■ What to do ■
Using the records below, transcribe word for word the stretch from the line that contains "are at most" through the line that contains "if item.depth == depth && item.word == word", both end lines included, and nothing else.

■ Records provided ■
//! Priorities that are greater than those here: only their order counts, so they are numbered anew.

use crate::attributes::value_of;
use crate::bends::is_bent_routine;
use crate::braces::inside;
use crate::defaults::Defaults;
use crate::items::{Item, value_in};
use oil_reader::{AttributeName, Value};
use osek_base::{MAX_ROUTINE_PRIORITY, MAX_TASK_PRIORITY};
use std::alloc::{AllocError, Global};
use std::collections::BTreeSet;

/// The different priorities of the tasks and of the routines of a file, each none where they stay as
/// they are.
#[derive(Drop)]
pub(crate) struct Priorities {
    tasks: BTreeSet<u32>,
    routines: BTreeSet<u32>,
    /// That of a routine of category 1 or 3 that says none: above all of category 2.
    above_all: u32,
}

/// What objects have that say no priority.
#[derive(Clone, Copy)]
struct Unsaid {
    usual: u32,
    /// A routine of category 1 or 3.
    of_bent: u32,
}

/// The number that a word is.
pub(crate) fn number(text: &str) -> Option<u32> {
    match value_of(text) {
        Some(Value::Number(number)) => Some(number),
        _ => None,
    }
}

/// The priority that stands among attributes, which lie at that depth.
fn said(attributes: &[Item<'_>], depth: usize) -> Option<u32> {
    number(value_in(attributes, depth, "PRIORITY")?)
}

/// The priority above all of those of routines of category 2, `usual` of one that says none.
fn above_all(items: &[Item<'_>], depth: usize, defaults: &Defaults<'_>, usual: u32) -> u32 {
    let own = depth.saturating_add(1);
    let mut above: u32 = 0;
    for (at, item) in items.iter().enumerate() {
        if item.depth == depth && item.word == "ISR" {
            let attributes = inside(items, at, depth);
            if !is_bent_routine(attributes, own, defaults) {
                let priority = said(attributes, own).unwrap_or(usual);
                above = above.max(priority.saturating_add(1));
            }
        }
    }
    above
}

/// The different priorities of the objects of that word. There are none where all are at most
/// `most`, and where there are too many to be numbered anew.
fn collected(
    alloc: Global,
    items: &[Item<'_>],
    depth: usize,
    word: &str,
    most: u32,
    unsaid: Unsaid,
    defaults: &Defaults<'_>,
) -> Result<BTreeSet<u32>, AllocError> {
    let own = depth.saturating_add(1);
    let mut found = BTreeSet::new(alloc);
    for (at, item) in items.iter().enumerate() {
        if item.depth == depth && item.word == word {
            let attributes = inside(items, at, depth);
            let missing = if is_bent_routine(attributes, own, defaults) {
                unsaid.of_bent
            } else {
                unsaid.usual
            };
            let _ = found.insert(said(attributes, own).unwrap_or(missing))?;
        }
    }
    let is_above = found.iter().any(|priority| *priority > most);
    if is_above && found.len() <= (most as usize).saturating_add(1) {
        return Ok(found);
    }
    Ok(BTreeSet::new(alloc))
}

/// The priority of an object that has none.
fn default_number(defaults: &Defaults<'_>, attribute: AttributeName) -> u32 {
    match defaults.of(attribute) {
        Some(value) => number(value).unwrap_or(0),
        None => 0,
    }
}

/// How many of some priorities are below one.
fn below(all: &BTreeSet<u32>, priority: u32) -> u32 {
    let mut below: u32 = 0;
    for other in all {
        if *other < priority {
            below = below.saturating_add(1);
        }
    }
    below
}

impl Priorities {
    /// Those of the objects among items, which lie at that depth.
    pub(crate) fn new(
        alloc: Global,
        items: &[Item<'_>],
        depth: usize,
        defaults: &Defaults<'_>,
        is_bending: bool,
    ) -> Result<Self, AllocError> {
        let usual = default_number(defaults, AttributeName::TaskPriority);
        let of_tasks = Unsaid {
            usual,
            of_bent: usual,
        };
        let usual = default_number(defaults, AttributeName::IsrPriority);
        let is_unsaid = defaults.of(AttributeName::IsrPriority).is_none();
        let of_bent = if is_bending && is_unsaid {
            above_all(items, depth, defaults, usual)
        } else {
            usual
        };
        let of_routines = Unsaid { usual, of_bent };
        let (tasks, routines) = (MAX_TASK_PRIORITY as u32, MAX_ROUTINE_PRIORITY as u32);
        Ok(Priorities {
            tasks: collected(alloc, items, depth, "TASK", tasks, of_tasks, defaults)?,
            routines: collected(alloc, items, depth, "ISR", routines, of_routines, defaults)?,
            above_all: of_bent,
        })
    }

    /// What becomes of the priority of a routine of category 1 or 3 that says none.
    pub(crate) fn of_bent_routine(&self) -> u32 {
        if self.routines.contains(&self.above_all) {
            below(&self.routines, self.above_all)
        } else {
            self.above_all
        }
    }

    /// What becomes of the value of an attribute, where it is numbered anew.
    pub(crate) fn renumbered(&self, attribute: AttributeName, value: &str) -> Option<u32> {
        let all = match attribute {
            AttributeName::TaskPriority => &self.tasks,
            AttributeName::IsrPriority => &self.routines,
            _ => return None,
        };
        let priority = number(value)?;
        if !all.contains(&priority) {
            return None;
        }
        Some(below(all, priority))
    }
}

■ Answer space ■
/// The different priorities of the objects of that word. There are none where all are at most
/// `most`, and where there are too many to be numbered anew.
fn collected(
    alloc: Global,
    items: &[Item<'_>],
    depth: usize,
    word: &str,
    most: u32,
    unsaid: Unsaid,
    defaults: &Defaults<'_>,
) -> Result<BTreeSet<u32>, AllocError> {
    let own = depth.saturating_add(1);
    let mut found = BTreeSet::new(alloc);
    for (at, item) in items.iter().enumerate() {
        if item.depth == depth && item.word == word {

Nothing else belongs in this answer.